Experimental study on the disturbance and control of cluster jet pile construction on existing railroad bridge foundations.

This study examines the impact of cluster jet grouting pile construction on adjacent railway lines and the control of pile body deviation through the use of stress relief holes (SF), which is critical for ensuring the safe operation of high-speed railways. Based on a construction project involving a new sewage well reinforced by jet grouting piles at a specific station, the study investigates the disturbance effects of regional cluster jet grouting pile construction on surrounding soil and the adjacent high-speed railway line, controlling variables such as the number of jet grouting piles and injection pressure. Test results indicated that the soil squeezing influence distance for a single pile is approximately 7.5 times the pile diameter (R = 0.8 m), while for the construction of four rotary jet piles, the influence distance increases to approximately 16.25 times the pile diameter. Horizontal soil pressure decreases with distance from the pile core, demonstrating a negative correlation with the soil squeezing effect.

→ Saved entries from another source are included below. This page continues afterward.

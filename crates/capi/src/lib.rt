// The calls that the tablet's program makes, through crate capi_c. Each answers in one word; docs/ANSWER.md has its layout.
#![tactic(auto)]

mod verdict;

ghost use Rattle.std.specs.Prelude.{◌≡◌, ◌*◌, ◌≤◌, length};
ghost use Rattle.calculus.specs.Limits.{most_steps};
ghost use Rattle.calculus.specs.Calls.{refusal, ended, verdict_of, answer_word, check, check_word};
ghost use Rattle.questions.specs.Answers.{number_of};
ghost use Rattle.records.specs.State.{end_of};
ghost use Rattle.capi.specs.Contract.{RunContract, Determined, CheckContract};
ghost use Rattle.capi.specs.Words.{word_of};

use assignment::lay_out;
use checker::Seen;
use problem::read;
use questions::Refusal;
use records::Stop;
use solver::{Ended, solve};
use terms::MOST_STEPS;
pub use verdict::{Judgement, Verdict};

// The word of a refusal. No From, here and below: this is a word's layout, and `ended` asks that its counts are small.
fn declined(no: Refusal) -> u64
    ensures { result ≡ answer_word (refusal (number_of no)) }
{
    256 * (no as u64)
}

// The word of a call, or of its refusal.
fn word(answer: Result<u64, Refusal>) -> u64
    ensures { result ≡ word_of answer }
{
    answer.unwrap_or_else(declined)
}

// The word of a run that ended. A run takes at most 10,000 steps and lists at most 650,001 forms.
fn ended(run: Ended) -> u64
    requires { (run.counts.steps ≤ most_steps) × (run.counts.forms ≤ 650001) }
    ensures { result ≡ answer_word (ended (verdict_of (end_of run.end) run.counts.forms) run.counts.steps run.counts.forms) }
{
    let verdict = match run.end {
        Err(Stop::Spent) => Verdict::Spent,
        Err(Stop::NoRoom) => Verdict::NoRoom,
        Ok(()) if run.counts.forms == 0 => Verdict::False,
        Ok(()) => Verdict::Forms,
    };
    u64::from(verdict) + 65536 * run.counts.steps as u64 + 4294967296 * run.counts.forms as u64
}

// The word of a run, or why the call is refused.
fn run(problem: &[u8], budget: u64, forms: &mut [u8], trace: &mut [u8]) -> Result<u64, Refusal>
    ensures { Determined problem.now budget forms.old trace.old (word_of result) forms.new trace.new }
{
    let problem = read(problem)?;
    if budget > MOST_STEPS as u64 {
        return Err(Refusal::Budget);
    }
    let steps = budget as usize;
    if trace.len() < 4 * steps {
        return Err(Refusal::Trace);
    }
    Ok(ended(solve(&problem, steps, forms, trace)))
}

// Runs a problem: lists its solved forms, and traces its steps.
pub fn fuselinda_run(problem: &[u8], budget: u64, forms: &mut [u8], trace: &mut [u8]) -> u64
    ensures { Determined problem.now budget forms.old trace.old result forms.new trace.new × RunContract problem.now budget forms.old trace.old result forms.new trace.new }
{
    word(run(problem, budget, forms, trace))
}

// The word of an assignment check, or why the call is refused.
fn checked(problem: &[u8], assignment: &[u8]) -> Result<u64, Refusal>
    ensures { word_of result ≡ check_word (check problem.now assignment.now) }
{
    let problem = read(problem)?;
    let table = problem.table;
    let Some(handed) = lay_out(assignment, table.variables, table.sets) else {
        return Err(Refusal::Assignment);
    };
    let seen = Seen { problem, handed };
    Ok(match seen.lowest() {
        Some(i) => u64::from(Judgement::Fails) + 256 * i as u64,
        None => u64::from(Judgement::Holds),
    })
}

// Checks an assignment that was worked by hand.
pub fn fuselinda_check(problem: &[u8], assignment: &[u8]) -> u64
    ensures { (result ≡ check_word (check problem.now assignment.now)) × CheckContract problem.now assignment.now result }
{
    word(checked(problem, assignment))
}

Vertically, the maximum lateral displacement occurs at specific depths due to variations in soil properties, leading to exponential relationships between cumulative lateral displacement and the number of piles. Earth pressure increases vertically but decreases horizontally, with injection pressure affecting lateral displacement at a depth of 3 m. Additionally, an exponential relationship was observed between the number of stress relief hole rows at 3.5 m depth and the shrinkage displacement difference for bridge foundation disturbance control. Increasing the number of stress relief hole rows alone does not fully restore cumulative lateral displacement to its initial value without significantly impacting deviation correction or increasing costs.